Figured I should test the LINK 10 battery meter
before everything goes back together. Something I should have done before even deciding my gauge layout, if I had any sense.
It works. As in both volt reading and amps show up on the display.
Here's the thing. It's displaying more amps than are actually passing through the shunt. At least when there's a significant load on it. I checked it against my clamp meter. And, in case that wasn't accurate, I hooked up a different volt meter and checked the milli-volts across the shunt. My clamp meter, I'm glad to say, is pretty dang accurate. The Link-10 is
not.
I have the shunt on the negative side, as required. I have checked the shunt voltage at the meter itself. It's still the same as it is at the shunt. I get 7.7mv at the shunt, and my clamp meter shows 77 amps, which corresponds nicely. It's a 500a, 50mv shunt. 1mv = 10a. 7.7mv = 77a. Meter reads 94.
Switch the polarity of the shunt wires, and now it reads seemingly correspondingly low. 63 amps. But it shows 0 amps when nothing is flowing, so it's not like it's stuck with X amps always over.
I changed the settings on the meter. I reset it. I changed them again. I wondered if it was the Puekert's Exponent setting, but changing it to 1.0 made no difference. I dug through the manual. I changed the charging efficiency. Each time, the same thing. Same readings.

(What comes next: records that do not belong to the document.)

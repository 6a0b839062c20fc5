// The word of some bytes, in lower-case hexadecimal digits.
ghost use Rattle.std.specs.Prelude.{◌≡◌, ◌<◌, ◌≤◌, ◌+◌, ◌*◌, ◌++◌, length, OnOk, vec_capacity, vec_len};
ghost use Rattle.event_text.specs.TextWords.{bytes_word, hex, hex_digit};

use rent_buf::OutOfMemory;

// How many bytes a block has. All bytes of a block are treated alike, and by comparing instead of by table, so that the compiler makes
// vector instructions of it.
const BLOCK: usize = 16;

// How many digits write a block.
const BLOCK_DIGITS: usize = 2 * BLOCK;

/// Appends bytes.
pub(crate) fn put(bytes: &[u8], out: &mut Vec<u8>) -> Result<(), OutOfMemory>
    ensures { OnOk result (out.new.items ≡ out.old.items ++ bytes.now) }
{
    out.extend_from_slice(bytes)?;
    Ok(())
}

/// Appends the word of some bytes: `-` if there are none. Memory is taken once.
pub(crate) fn put_bytes(bytes: &[u8], out: &mut Vec<u8>) -> Result<(), OutOfMemory>
    ensures { OnOk result (out.new.items ≡ out.old.items ++ bytes_word bytes.now) }
{
    if bytes.is_empty() {
        return put(b"-", out);
    }
    out.reserve(bytes.len() * 2)?;
    let mut rest = bytes;
    while rest.len() >= BLOCK {
        let (block, more) = rest.split_at(BLOCK);
        out.extend_from_slice(&hex_block(block))?;
        rest = more;
    }
    put_pairs(rest, out);
    Ok(())
}

// The digits of a block of bytes.
fn hex_block(bytes: &[u8]) -> [u8; BLOCK_DIGITS]
    requires { length bytes.now ≡ BLOCK }
    ensures written { result ≡ hex bytes.now }
    ensures long { length result ≡ BLOCK_DIGITS }
{
    let mut block = [0; BLOCK_DIGITS];
    for at in 0..BLOCK {
        block[2 * at] = digit_of(bytes[at] / 16);
        block[2 * at + 1] = digit_of(bytes[at] % 16);
    }
    block
}

// Appends the digits of bytes, to a list that has room for them.
fn put_pairs(bytes: &[u8], out: &mut Vec<u8>)
    requires { vec_len out.old + length bytes.now * 2 ≤ vec_capacity out.old }
    ensures { out.new.items ≡ out.old.items ++ hex bytes.now }
{
    for byte in bytes {
        out.push_reserved(digit_of(*byte / 16));
        out.push_reserved(digit_of(*byte % 16));
    }
}

// The digit of a value.
fn digit_of(value: u8) -> u8
    requires { value < 16 }
    ensures { result ≡ hex_digit value }
{
    if value < 10 {
        b'0' + value
    } else {
        b'a' - 10 + value
    }
}
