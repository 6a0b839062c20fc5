//! What the leaving of an operation does to the handles that it named, and to the one that it made.
ghost use Rattle.std.specs.Prelude.{◌≡◌, ◌≤◌, ◌<◌, ℕ, true, false, [], ◌∷◌, map, length, IsTrue, IfSome};
ghost use Rattle.machine.specs.Ledger.{with_made};
ghost use Rattle.machine.specs.Lists.{has_number};
ghost use Rattle.ring_core.specs.Entry.{close_entry};
ghost use Rattle.machine.specs.Request.{listed};
ghost use Rattle.driver_core.specs.Holds.{unheld_by, CanLeave};
ghost use Rattle.uring_driver.specs.Holding.{ops_left};
ghost use Rattle.uring_driver.specs.Making.{kept_if, lost_if, refuses_made, op_closes, op_ended, handed_if};
ghost use Rattle.handle_core.specs.Table.{holders_at};
ghost use Rattle.uring_driver.specs.Submissions.{PostsEach, PendingMovesEach, pending_ring};

use crate::holding::Handles;
use crate::submissions::Submissions;
use handle_core::Released;
use machine::{MOST_HANDLES, Names};
use ring_core::{Entry, Ring};

/// An operation that named these handles is gone: it holds each no more, and the close of one that nobody holds joins what is pending. It
/// takes no memory.
pub fn let_go<R: Ring>(ring: &mut Submissions<R>, handles: &mut Handles, names: Names)
    requires held { CanLeave handles.old.table (listed names) }
    requires room { length (unheld_by handles.old.table (listed names)) ≤ ring.old.room }
    ensures handles { handles.new ≡ ops_left handles.old (listed names) }
    ensures posts { PostsEach R.view R.tells R.steady ring.old ring.new (map close_entry (unheld_by handles.old.table (listed names))) }
    ensures moves { IsTrue R.tells → PendingMovesEach (pending_ring R.view ring.old).queue (pending_ring R.view ring.new).queue
        (map close_entry (unheld_by handles.old.table (listed names))) }
    ensures below { (h : ℕ) → has_number h (unheld_by handles.old.table (listed names)) ≡ true → h < MOST_HANDLES }
    ensures none_due { IsTrue R.steady → ring.old.due ≡ [] → ring.new.due ≡ [] }
{
    match names {
        Names::Nothing => {}
        Names::One(h) => let_one_go(ring, handles, h),
        Names::Two(lower, upper) => {
            let_one_go(ring, handles, lower);
            let_one_go(ring, handles, upper);
        }
    }
}

// The same, of one handle.
fn let_one_go<R: Ring>(ring: &mut Submissions<R>, handles: &mut Handles, h: u64)
    requires held { 0 < (holders_at handles.old.table h).operations }
    requires room { length (unheld_by handles.old.table (h ∷ [])) ≤ ring.old.room }
    ensures handles { handles.new ≡ ops_left handles.old (h ∷ []) }
    ensures posts { PostsEach R.view R.tells R.steady ring.old ring.new (map close_entry (unheld_by handles.old.table (h ∷ []))) }
    ensures below { (k : ℕ) → has_number k (unheld_by handles.old.table (h ∷ [])) ≡ true → k < MOST_HANDLES }
    ensures none_due { IsTrue R.steady → ring.old.due ≡ [] → ring.new.due ≡ [] }
{
    match handles.release_op(h) {
        Released::Held => {}
        Released::Last => ring.post(Entry::close(h)),
    }
}

/// The same, of an operation that made a handle too, or none.
pub fn let_all_go<R: Ring>(
    ring: &mut Submissions<R>,
    handles: &mut Handles,
    names: Names,
    made: Option<u64>,
)
    requires held { CanLeave handles.old.table (with_made made (listed names)) }
    requires room { length (unheld_by handles.old.table (with_made made (listed names))) ≤ ring.old.room }
    ensures handles { handles.new ≡ ops_left handles.old (with_made made (listed names)) }
    ensures posts { PostsEach R.view R.tells R.steady ring.old ring.new
        (map close_entry (unheld_by handles.old.table (with_made made (listed names)))) }
    ensures moves { IsTrue R.tells → PendingMovesEach (pending_ring R.view ring.old).queue (pending_ring R.view ring.new).queue
        (map close_entry (unheld_by handles.old.table (with_made made (listed names)))) }
    ensures below { (h : ℕ) → has_number h (unheld_by handles.old.table (with_made made (listed names))) ≡ true → h < MOST_HANDLES }
    ensures none_due { IsTrue R.steady → ring.old.due ≡ [] → ring.new.due ≡ [] }
{
    let_go(ring, handles, names);
    match made {
        None => {}
        Some(h) => let_one_go(ring, handles, h),
    }
}

/// The completion of an operation in flight was treated. Where the operation was dropped, the handles that it named are let go, and the
/// close of one that it made joins what is pending; else it holds the one that it made. It takes no memory.
pub fn end_op<R: Ring>(
    ring: &mut Submissions<R>,
    handles: &mut Handles,
    names: Names,
    maker: bool,
    dropped: bool,
    made: Option<u64>,
)
    requires held { CanLeave handles.old.table (listed names) }
    requires room { length (op_closes handles.old.table (listed names) (lost_if dropped made)) ≤ ring.old.room }
    requires some { maker ≡ true → 0 < handles.old.makers }
    requires made { refuses_made handles.old maker made ≡ false }
    ensures handles { handles.new ≡ op_ended handles.old (listed names) maker (kept_if dropped made) (lost_if dropped made) }
    ensures posts { PostsEach R.view R.tells R.steady ring.old ring.new
        (map close_entry (op_closes handles.old.table (listed names) (lost_if dropped made))) }
    ensures below { (h : ℕ) → has_number h (op_closes handles.old.table (listed names) (lost_if dropped made)) ≡ true → h < MOST_HANDLES }
    ensures none_due { IsTrue R.steady → ring.old.due ≡ [] → ring.new.due ≡ [] }
{
    let_go(ring, handles, names);
    if !maker {
        return;
    }
    handles.end_maker(dropped, made);
    match made {
        Some(h) if dropped => ring.post(Entry::close(h)),
        _ => {}
    }
}

/// The handle that an operation made becomes its user's, where it made one. It takes no memory.
pub fn hand_over(handles: &mut Handles, made: Option<u64>)
    requires { IfSome made (λ h. 0 < (holders_at handles.old.table h).operations) }
    ensures { handles.new ≡ handed_if handles.old made }
{
    match made {
        None => {}
        Some(h) => handles.hand_over(h),
    }
}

So, I tried a different load. I put a measly 0.75-amp load on it, figuring it would show way off. Nope. It was perfect. I verified matching current with my DOM, and then with my clamp meter. It was accurate. The link-10 was accurate.
I put a second, matching load in parallel, and all meters & the link-10 showed 1.5a. Like it should.
I put a bigger load on it. 1.0 ohm, on my 12-volt battery. Link 10 showed 11.8a. As did my clamp meter. Still showing accurate.
Put the big load on it again, and the link 10 is back at showing 94 or 63 amps.
A larger load will be difficult, with the exception of once it's installed in the EV. Still. I'm
You'd think it would either be inaccurate
all the time, equally, linearly, or it would be particularly inaccurate with small loads and get roughly more accurate as it goes up.
So. It's either buggered, or the programming in it - which the settings don't seem to affect - is calculating something I'm unaware of.
It's pretty useless to me like this. At least for high current use.
Any gurus out there used one and know what it's doing?
New ideas to try: change the battery capacity setting, as Puekert's effect is relative to the battery capacity vs load...if it's calculating for that. Or if it's calculating for internal resistance?
Try a larger battery (in reality) that will have less voltage drop and see if it makes any difference.
Test it with my other - completely different - amp-hour meter and see what it reports.